• Work instruction
Give every line from the entries that contains "left".

◆ ◆ ◆ ◆ ◆ ◆ ◆

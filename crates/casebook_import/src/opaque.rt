//! Texts that stand for bytes that a spool doesn't have, or that a state can't hold.
ghost use Rattle.std.specs.Prelude.{◌≡◌, ◌∷◌, [], ◌++◌, IfOk, codes, string_bytes};
ghost use Rattle.hex.specs.Hex.{encode_lower};
ghost use Rattle.sha2.specs.Sha256.{sha256};
ghost use Rattle.casebook_rows.specs.Written.{escaped};
ghost use Rattle.casebook_import.specs.Nodes.{version};
ghost use Rattle.casebook_import.specs.Opaque.{opaque};
ghost use Rattle.casebook_opaque.specs.Opaque.{opaque_mark};

use crate::NoMem;
use casebook_opaque::opaque_mark;
use casebook_rows::{push_digest, push_number, push_signed, push_text};
use casebook_watch::Sight;
use sha2::{Digest as _, Sha256};
use std::alloc::Global;

/// Returns the beginning of a text that stands for something, by what that is.
fn marked(alloc: Global, what: &str) -> Result<String, NoMem>
    ensures { IfOk result (λ text. string_bytes text ≡ opaque_mark ++ what.now) }
{
    let mut text = String::from_str(alloc, opaque_mark())?;
    text.push_str(what)?;
    Ok(text)
}

/// Returns the text that stands for what a sight is of.
#[tactic(auto, unfolding(crate::specs::Opaque::opaque), using(crate::proofs::Fields::four_fields))]
pub(crate) fn opaque_sight(alloc: Global, what: &str, sight: &Sight) -> Result<String, NoMem>
    ensures { IfOk result (λ text. string_bytes text ≡ opaque what.now (version sight.now)) }
{
    let mut text = marked(alloc, what)?;
    push_number(&mut text, sight.size)?;
    push_number(&mut text, sight.number)?;
    push_signed(&mut text, sight.changed.second)?;
    push_number(&mut text, u64::from(sight.changed.nanosecond))?;
    Ok(text)
}

/// Returns the text that stands for a link.
#[tactic(auto, unfolding(crate::specs::Opaque::opaque), using(crate::proofs::Fields::one_field))]
pub(crate) fn opaque_link(alloc: Global, target: &[u8]) -> Result<String, NoMem>
    ensures { IfOk result (λ text.
        string_bytes text ≡ opaque (codes "a link") (escaped target.now ∷ [])) }
{
    let mut text = marked(alloc, "a link")?;
    push_text(&mut text, target)?;
    Ok(text)
}

/// Returns the text that stands for bytes with a digest.
#[tactic(auto, unfolding(crate::specs::Opaque::opaque), using(crate::proofs::Fields::one_field))]
pub(crate) fn opaque_digest(alloc: Global, what: &str, digest: &[u8; 32]) -> Result<String, NoMem>
    ensures { IfOk result (λ text.
        string_bytes text ≡ opaque what.now (encode_lower digest.now ∷ [])) }
{
    let mut text = marked(alloc, what)?;
    push_digest(alloc, &mut text, digest)?;
    Ok(text)
}

/// Returns the text that stands for bytes.
pub(crate) fn opaque_bytes(alloc: Global, what: &str, bytes: &[u8]) -> Result<String, NoMem>
    ensures { IfOk result (λ text.
        string_bytes text ≡ opaque what.now (encode_lower (sha256 bytes.now) ∷ [])) }
{
    opaque_digest(alloc, what, &Sha256::digest(bytes))
}
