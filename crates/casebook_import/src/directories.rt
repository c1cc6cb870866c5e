//! The directories of sessions.
ghost use Rattle.std.specs.Prelude.{◌≡◌, IfOk};
ghost use Rattle.casebook_import.specs.Directories.{directory_in, elsewhere, first_directory};
ghost use Rattle.casebook_import.specs.Directories.{is_directory_after};

use crate::NoMem;
use casebook_needs::named_path;
use casebook_stand_in::Effect;
use retro_tree::{Cell, Kind, Node, Path, State, Value};
use std::alloc::Global;

/// Returns the path that stands for a directory that no state has.
#[tactic(auto, unfolding(crate::specs::Directories::elsewhere))]
pub(crate) fn elsewhere(alloc: Global) -> Result<Path, NoMem>
    ensures { IfOk result (λ path. path ≡ elsewhere) }
{
    match Path::of_names(alloc, &[".casebook", "elsewhere"])? {
        Some(path) => Ok(path),
        None => unreachable!(),
    }
}

/// Returns whether a path is a directory after a line, by the state before it.
fn is_directory_after(state: &State, effect: &Effect, path: &Path) -> Result<bool, NoMem>
    ensures { IfOk result (λ is. is ≡ is_directory_after state.now effect.now path.now) }
{
    let cell = Cell::At(path.copy()?);
    match effect.cells().get_value(&cell) {
        Some(Value::Node(node)) => Ok(matches!(node, Node::Dir)),
        Some(Value::Cwd(_)) | Some(Value::Text(_)) | Some(Value::Status(_)) | None => {
            Ok(state.kind(path) == Kind::Dir)
        }
    }
}

/// Returns the directory that a session has after a line, by its name and the state before the
/// line.
pub(crate) fn directory_in(
    alloc: Global,
    state: &State,
    effect: &Effect,
    name: &[u8],
) -> Result<Path, NoMem>
    ensures { IfOk result (λ path. path ≡ directory_in state.now effect.now name.now) }
{
    let Some(path) = named_path(alloc, &Path::root(alloc), name)? else {
        return elsewhere(alloc);
    };
    if is_directory_after(state, effect, &path)? {
        Ok(path)
    } else {
        elsewhere(alloc)
    }
}

/// Returns the directory in which a session begins, by its name.
pub(crate) fn first_directory(alloc: Global, name: &[u8]) -> Result<Path, NoMem>
    ensures { IfOk result (λ path. path ≡ first_directory name.now) }
{
    match named_path(alloc, &Path::root(alloc), name)? {
        Some(path) => Ok(path),
        None => elsewhere(alloc),
    }
}
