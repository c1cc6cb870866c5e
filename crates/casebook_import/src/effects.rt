//! What lines left, as effects.
ghost use Rattle.std.specs.Prelude.{◌≡◌, IfOk, OnOk, map, option_map};
ghost use Rattle.std.specs.FinMap as finmap;
ghost use Rattle.std.specs.List.{filter_map};
ghost use Rattle.std.specs.Option.{option_copied, option_to_list};
ghost use Rattle.retro_path.specs.Order.{path_eq};
ghost use Rattle.retro_tree.specs.Session.{session_in};
ghost use Rattle.casebook_typed.specs.Values.{change_value, line_value};
ghost use Rattle.casebook_import.specs.Effects.{ending, line_effect, session_number};
ghost use Rattle.casebook_import.specs.Effects.{shell_bytes, with_cells};
ghost use Rattle.casebook_import.specs.Effects.{with_directory, with_ending, with_nodes};
ghost use Rattle.casebook_import.specs.Effects.{with_said_vars, with_shell, with_vars};
ghost use Rattle.casebook_import.specs.Variables.{changed_var, is_value, unset_var};

use crate::NoMem;
use crate::directories::directory_in;
use crate::nodes::node_of;
use crate::opaque::opaque_bytes;
use crate::said_vars::SaidVars;
use crate::variables::vars_of;
use casebook_explain::shell_path;
use casebook_record::{End, Event};
use casebook_spool::Contents;
use casebook_stand_in::Effect;
use casebook_typed::{Extent, PathChange, TypedLine};
use retro_tree::{Bytes, FILE_LIMIT, Node, Path, State, Text, VarName};
use std::alloc::Global;

/// Sets what is at the paths that were changed.
fn set_nodes(
    alloc: Global,
    contents: &Contents,
    changes: &[PathChange<'_>],
    effect: &mut Effect,
) -> Result<(), NoMem>
    ensures { OnOk result (effect.new
        ≡ with_nodes contents.now (map change_value changes.now) effect.old) }
{
    for change in changes {
        let node = node_of(alloc, contents, change.sight.as_ref(), change.content)?;
        effect.set_node(change.path.copy()?, node)?;
    }
    Ok(())
}

/// Returns the directory of a session.
#[tactic(auto, unfolding(retro_tree::specs::Session::default_session))]
fn has_directory(state: &State, session: u32, path: &Path) -> bool
    ensures { result ≡ path_eq (session_in session state.now.sessions).cwd path.now }
{
    match state.sessions().get(session) {
        Some(found) => found.cwd == *path,
        None => path.is_root(),
    }
}

/// Sets the directory of the line's session, if it is another one than before the line.
fn set_directory(
    alloc: Global,
    state: &State,
    name: &[u8],
    effect: &mut Effect,
) -> Result<(), NoMem>
    ensures { OnOk result (effect.new ≡ with_directory state.now name.now effect.old) }
{
    let directory = directory_in(alloc, state, effect, name)?;
    if has_directory(state, effect.sid(), &directory) {
        return Ok(());
    }
    effect.set_cwd(directory)
}

/// Returns the value that a session has of a variable, if it has one.
#[tactic(auto, unfolding(retro_tree::specs::Session::default_session))]
pub(crate) fn var_in<'s>(state: &'s State, session: u32, name: &VarName) -> Option<&'s Text>
    ensures { option_copied result
        ≡ finmap.get (session_in session state.entry.now.sessions).vars name.now }
{
    match state.sessions().get(session) {
        Some(found) => found.vars.get(name),
        None => None,
    }
}

/// Returns whether a variable has a value.
fn is_value(found: Option<&Text>, text: &Text) -> bool
    ensures { result ≡ is_value (option_copied found.entry) text.now }
{
    match found {
        Some(old) => old.bytes() == text.bytes(),
        None => false,
    }
}

/// Sets a variable, if it has another value than before the line.
fn set_if_changed(
    state: &State,
    name: &VarName,
    text: &Text,
    effect: &mut Effect,
) -> Result<(), NoMem>
    ensures { OnOk result (effect.new ≡ with_cells (option_to_list (changed_var effect.old.sid
        (session_in effect.old.sid state.now.sessions).vars (name.now, text.now))) effect.old) }
{
    if is_value(var_in(state, effect.sid(), name), text) {
        return Ok(());
    }
    effect.set_var(name.copy()?, text.copy()?)
}

/// Sets the variables of the line's session that have another value than before the line.
fn set_changed(state: &State, new: &SaidVars, effect: &mut Effect) -> Result<(), NoMem>
    ensures { OnOk result (effect.new ≡ with_cells (filter_map (changed_var effect.old.sid
        (session_in effect.old.sid state.now.sessions).vars) (finmap.entries new.now)) effect.old) }
{
    for (name, text) in new.iter() {
        set_if_changed(state, name, text, effect)?;
    }
    Ok(())
}

/// Sets a variable to nothing, if it is unset and had a value.
fn set_if_unset(
    alloc: Global,
    new: &SaidVars,
    name: &VarName,
    text: &Text,
    effect: &mut Effect,
) -> Result<(), NoMem>
    ensures { OnOk result (effect.new ≡ with_cells (option_to_list
        (unset_var effect.old.sid new.now (name.now, text.now))) effect.old) }
{
    if new.get(name).is_some() || text.bytes().is_empty() {
        return Ok(());
    }
    effect.set_var(name.copy()?, Text::of(String::new(alloc)))
}

/// Sets the variables of the line's session to nothing that are unset and had a value.
#[tactic(auto, unfolding(retro_tree::specs::Session::default_session))]
fn set_unset(alloc: Global, state: &State, new: &SaidVars, effect: &mut Effect) -> Result<(), NoMem>
    ensures { OnOk result (effect.new ≡ with_cells (filter_map (unset_var effect.old.sid new.now)
        (finmap.entries (session_in effect.old.sid state.now.sessions).vars)) effect.old) }
{
    let old = match state.sessions().get(effect.sid()) {
        Some(session) => &session.vars,
        None => return Ok(()),
    };
    for (name, text) in old.iter() {
        set_if_unset(alloc, new, name, text, effect)?;
    }
    Ok(())
}

/// Sets the variables of the line's session that changed or are unset.
fn set_new_vars(
    alloc: Global,
    state: &State,
    new: &SaidVars,
    effect: &mut Effect,
) -> Result<(), NoMem>
    ensures { OnOk result (effect.new
        ≡ with_vars (session_in effect.old.sid state.now.sessions).vars new.now effect.old) }
{
    set_changed(state, new, effect)?;
    set_unset(alloc, state, new, effect)?;
    Ok(())
}

/// Sets the variables of the line's session, if a record says that they are new.
fn set_vars(
    alloc: Global,
    state: &State,
    said: Option<&Bytes>,
    effect: &mut Effect,
) -> Result<(), NoMem>
    ensures { OnOk result (effect.new
        ≡ with_said_vars state.now (option_map (λ text. text.now) said.entry) effect.old) }
{
    let Some(text) = said else {
        return Ok(());
    };
    match vars_of(alloc, text.as_slice())? {
        Some(new) => set_new_vars(alloc, state, &new, effect),
        None => Ok(()),
    }
}

/// Returns the functions, aliases and options of a session as the bytes of a file.
#[tactic(auto, unfolding(crate::specs::Effects::shell_bytes))]
pub(crate) fn shell_bytes(alloc: Global, text: &Bytes) -> Result<Bytes, NoMem>
    ensures { IfOk result (λ bytes. bytes ≡ shell_bytes text.now) }
{
    if text.len() as u64 <= FILE_LIMIT {
        return text.copy();
    }
    let stands = opaque_bytes(alloc, "the text of a shell", text.as_slice())?;
    Ok(Bytes::of(stands.into_bytes()))
}

/// Sets the functions, aliases and options of the line's session, if they are new.
fn set_shell(alloc: Global, text: Option<&Bytes>, effect: &mut Effect) -> Result<(), NoMem>
    ensures { OnOk result (effect.new
        ≡ with_shell (option_map (λ text. text.now) text.entry) effect.old) }
{
    let Some(text) = text else {
        return Ok(());
    };
    let path = shell_path(alloc, effect.sid())?;
    effect.set_node(path, Node::File(shell_bytes(alloc, text)?))
}

/// Sets what is known of the line's session, and its directory by its name, if the line ended.
fn set_ending(
    alloc: Global,
    state: &State,
    name: &[u8],
    end: Option<&End>,
    effect: &mut Effect,
) -> Result<(), NoMem>
    ensures { OnOk result (effect.new
        ≡ with_ending state.now name.now (option_map (λ end. end.now) end.entry) effect.old) }
{
    let Some(end) = end else {
        return Ok(());
    };
    set_directory(alloc, state, name, effect)?;
    set_vars(alloc, state, end.variables.as_ref(), effect)?;
    set_shell(alloc, end.shell.as_ref(), effect)
}

/// Returns how a line ended, if it did.
pub(crate) fn ending(extent: Extent, event: &Event) -> Option<&End>
    ensures { option_map (λ end. end.now) result ≡ ending extent event.entry.now }
{
    match (extent, event) {
        (Extent::Whole, Event::End(end)) => Some(end),
        _ => None,
    }
}

/// Returns the status of a session. It is 0 if the session doesn't exist.
#[tactic(auto, unfolding(retro_tree::specs::Session::default_session))]
fn status_in(state: &State, session: u32) -> u8
    ensures { result ≡ (session_in session state.now.sessions).status }
{
    match state.sessions().get(session) {
        Some(found) => found.status,
        None => 0,
    }
}

/// Returns what a line of a session left, over the state before it.
#[tactic(auto, unfolding(crate::specs::Effects::line_effect))]
pub(crate) fn line_effect(
    alloc: Global,
    contents: &Contents,
    state: &State,
    session: u32,
    line: &TypedLine<'_>,
) -> Result<Effect, NoMem>
    requires { session ≡ session_number line.now.owner }
    ensures { IfOk result (λ effect.
        effect ≡ line_effect contents.now state.now (line_value line.now)) }
{
    let end = ending(line.extent, &line.shown.event);
    let status = match end {
        Some(end) => end.status,
        None => status_in(state, session),
    };
    let mut effect = Effect::new(alloc, session, status)?;
    set_nodes(alloc, contents, line.seen.changes.as_slice(), &mut effect)?;
    set_ending(
        alloc,
        state,
        line.shown.directory.as_slice(),
        end,
        &mut effect,
    )?;
    Ok(effect)
}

◆ ◆ ◆ ◆ ◆ ◆ ◆

• Task output
//! What lines left, as effects.
/// Returns what a line of a session left, over the state before it.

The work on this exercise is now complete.